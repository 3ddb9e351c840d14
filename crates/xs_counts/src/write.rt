//! The counts of a line as bits. Each mode has the size that the definitions give it, so that the best is found by numbers
//! alone.
ghost use Rattle.std.specs.Prelude.{◌≡◌, ◌+◌, ◌-◌, ◌*◌, ◌^◌, ◌<◌, ◌≤◌, ◌++◌, false, length, min, All};
ghost use Rattle.std.specs.List.{flat_map, sum_by};
ghost use Rattle.xs_bits.specs.Counts.{AreCounts};
ghost use Rattle.xs_lists.specs.Bits.{bit_of};
ghost use Rattle.xs_spelling.specs.Counts.{flag_bits, unary};
ghost use Rattle.xs_spelling.specs.Sizes.{count_size, flag_size};
ghost use Rattle.xs_spelling.specs.Written.{line_count_bits, members_of, written_flag};
ghost use Rattle.xs_counts.specs.Known.{IsPredictor, counted_line, is_skipped as skipped_in, residual_bits_of, residual_ones_of, residual_size};

use crate::ones::ones_for;
use crate::predictor::{Predictor, prediction};
use xs_bits::{BitWriter, Counts};

/// The bits of flags and counts together in this mode.
pub fn mode_bits(line: &Counts, predictor: &Predictor, mode: u8) -> u64
    requires mode { mode ≤ 3 }
    requires few { length line.now ≤ 2048 }
    requires predictor { IsPredictor (length line.now) predictor.now }
    requires least { All (λ count. predictor.now.t ≤ count) line.now }
    ensures bits { result ≡ flag_size (counted_line line.now predictor.now mode) + count_size (counted_line line.now predictor.now mode) }
{
    let counts = line.as_slice();
    let groups = (counts.len() + 7) / 8;
    let mut bits = if mode >= 2 { groups as u64 } else { 0 };
    'groups: for significance in 0..groups {
        if !is_skipped(counts, predictor, mode, significance) {
            bits += residual_bits(counts, predictor, mode, significance);
        }
    }
    bits
}

// The first code group of a significance group, and one past the last.
fn members(groups: usize, significance: usize) -> (usize, usize)
    requires there { 8 * significance < groups }
    requires few { groups ≤ 2048 }
    ensures first { result.0 ≡ 8 * significance }
    ensures end { result.1 ≡ 8 * significance + min 8 (groups - 8 * significance) }
{
    (8 * significance, (8 * significance + 8).min(groups))
}

// Whether each count of a significance group is as predicted.
fn is_predicted(counts: &[u8], predictor: &Predictor, mode: u8, significance: usize) -> bool
    requires mode { mode ≤ 3 }
    requires few { length counts.now ≤ 2048 }
    requires there { 8 * significance < length counts.now }
    requires predictor { IsPredictor (length counts.now) predictor.now }
    ensures { bit_of result ≡ written_flag (counted_line counts.now predictor.now mode) significance }
{
    let (first, end) = members(counts.len(), significance);
    'groups: for group in first..end {
        if counts[group] != prediction(predictor, mode, group) {
            return false;
        }
    }
    true
}

// Whether a flag leaves out the counts of a significance group.
fn is_skipped(counts: &[u8], predictor: &Predictor, mode: u8, significance: usize) -> bool
    requires mode { mode ≤ 3 }
    requires few { length counts.now ≤ 2048 }
    requires there { 8 * significance < length counts.now }
    requires predictor { IsPredictor (length counts.now) predictor.now }
    ensures { result ≡ skipped_in (counted_line counts.now predictor.now mode) (written_flag (counted_line counts.now predictor.now mode)) significance }
{
    mode >= 2 && is_predicted(counts, predictor, mode, significance)
}

// The ones of the residual of a code group.
fn residual_ones(counts: &[u8], predictor: &Predictor, mode: u8, group: usize) -> u32
    requires mode { mode ≤ 3 }
    requires range { AreCounts counts.now }
    requires there { group < length counts.now }
    requires predictor { IsPredictor (length counts.now) predictor.now }
    requires least { All (λ count. predictor.now.t ≤ count) counts.now }
    ensures ones { result ≡ residual_ones_of (counted_line counts.now predictor.now mode) group }
    ensures few { result ≤ 29 }
{
    ones_for(
        prediction(predictor, mode, group),
        predictor.t,
        counts[group],
    )
}

// The bits of the residuals of a significance group.
fn residual_bits(counts: &[u8], predictor: &Predictor, mode: u8, significance: usize) -> u64
    requires mode { mode ≤ 3 }
    requires few { length counts.now ≤ 2048 }
    requires range { AreCounts counts.now }
    requires there { 8 * significance < length counts.now }
    requires predictor { IsPredictor (length counts.now) predictor.now }
    requires least { All (λ count. predictor.now.t ≤ count) counts.now }
    ensures size { result ≡ sum_by (residual_size (counted_line counts.now predictor.now mode)) (members_of (counted_line counts.now predictor.now mode) significance) }
    ensures few { result ≤ 240 }
{
    let (first, end) = members(counts.len(), significance);
    let mut bits = 0;
    'groups: for group in first..end {
        bits += u64::from(residual_ones(counts, predictor, mode, group)) + 1;
    }
    bits
}

/// Writes the flags of a line. Without bit 1 of the mode there are none.
pub fn write_flags(out: &mut BitWriter, line: &Counts, predictor: &Predictor, mode: u8)
    requires mode { mode ≤ 3 }
    requires few { length line.now ≤ 2048 }
    requires predictor { IsPredictor (length line.now) predictor.now }
    requires least { All (λ count. predictor.now.t ≤ count) line.now }
    requires room { flag_size (counted_line line.now predictor.now mode) ≤ out.old.spare }
    ensures bits { out.new.bits ≡ out.old.bits ++ flag_bits (counted_line line.now predictor.now mode) (written_flag (counted_line line.now predictor.now mode)) }
    ensures spare { out.old.spare ≤ out.new.spare + flag_size (counted_line line.now predictor.now mode) }
{
    let counts = line.as_slice();
    if mode >= 2 {
        'groups: for significance in 0..(counts.len() + 7) / 8 {
            let flag = is_predicted(counts, predictor, mode, significance);
            out.put(u32::from(flag), 1);
        }
    }
}

/// Writes the counts of a line, without those that its flags leave out.
pub fn write_counts(out: &mut BitWriter, line: &Counts, predictor: &Predictor, mode: u8)
    requires mode { mode ≤ 3 }
    requires few { length line.now ≤ 2048 }
    requires predictor { IsPredictor (length line.now) predictor.now }
    requires least { All (λ count. predictor.now.t ≤ count) line.now }
    requires room { count_size (counted_line line.now predictor.now mode) ≤ out.old.spare }
    ensures bits { out.new.bits ≡ out.old.bits ++ line_count_bits false (counted_line line.now predictor.now mode) (written_flag (counted_line line.now predictor.now mode)) }
    ensures spare { out.old.spare ≤ out.new.spare + count_size (counted_line line.now predictor.now mode) }
{
    let counts = line.as_slice();
    'groups: for significance in 0..(counts.len() + 7) / 8 {
        if !is_skipped(counts, predictor, mode, significance) {
            write_residuals(out, counts, predictor, mode, significance);
        }
    }
}

// Writes the residuals of a significance group.
fn write_residuals(
    out: &mut BitWriter,
    counts: &[u8],
    predictor: &Predictor,
    mode: u8,
    significance: usize,
)
    requires mode { mode ≤ 3 }
    requires few { length counts.now ≤ 2048 }
    requires range { AreCounts counts.now }
    requires there { 8 * significance < length counts.now }
    requires predictor { IsPredictor (length counts.now) predictor.now }
    requires least { All (λ count. predictor.now.t ≤ count) counts.now }
    requires room { sum_by (residual_size (counted_line counts.now predictor.now mode)) (members_of (counted_line counts.now predictor.now mode) significance) ≤ out.old.spare }
    ensures bits { out.new.bits ≡ out.old.bits ++ flat_map (residual_bits_of (counted_line counts.now predictor.now mode)) (members_of (counted_line counts.now predictor.now mode) significance) }
    ensures spare { out.old.spare ≤ out.new.spare + sum_by (residual_size (counted_line counts.now predictor.now mode)) (members_of (counted_line counts.now predictor.now mode) significance) }
{
    let (first, end) = members(counts.len(), significance);
    let mut group = first;
    'pairs: while group + 1 < end {
        put_two(
            out,
            residual_ones(counts, predictor, mode, group),
            residual_ones(counts, predictor, mode, group + 1),
        );
        group += 2;
    }
    if group < end {
        out.put_unary(residual_ones(counts, predictor, mode, group));
    }
}

// Writes two runs of ones, each with its zero, at once.
fn put_two(out: &mut BitWriter, first: u32, second: u32)
    requires few { first ≤ 29 }
    requires second { second ≤ 29 }
    requires room { first + second + 2 ≤ out.old.spare }
    ensures bits { out.new.bits ≡ out.old.bits ++ (unary first ++ unary second) }
    ensures spare { out.old.spare ≤ out.new.spare + (first + second + 2) }
{
    let number = joined(runs(first), runs(second), second + 1);
    out.put_wide(number, first + second + 2);
}

// The number whose bits are so many ones and a zero.
fn runs(ones: u32) -> u64
    requires { ones ≤ 29 }
    ensures value { result ≡ 2 ^ (ones + 1) - 2 }
    ensures small { result < 2 ^ (ones + 1) }
{
    (2 << ones) - 2
}

// The number with these high bits over `width` low ones.
fn joined(high: u64, low: u64, width: u32) -> u64
    requires width { width ≤ 30 }
    requires high { high < 2 ^ 30 }
    requires low { low < 2 ^ width }
    ensures { result ≡ high * 2 ^ width + low }
{
    high << width | low
}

◇ ◇ ◇ ◇ ◇ ◇ ◇

For the string "usize", show each line of the listing where it appears.

§ **Answer section**
fn members(groups: usize, significance: usize) -> (usize, usize)
fn is_predicted(counts: &[u8], predictor: &Predictor, mode: u8, significance: usize) -> bool
fn is_skipped(counts: &[u8], predictor: &Predictor, mode: u8, significance: usize) -> bool
fn residual_ones(counts: &[u8], predictor: &Predictor, mode: u8, group: usize) -> u32
fn residual_bits(counts: &[u8], predictor: &Predictor, mode: u8, significance: usize) -> u64
    significance: usize,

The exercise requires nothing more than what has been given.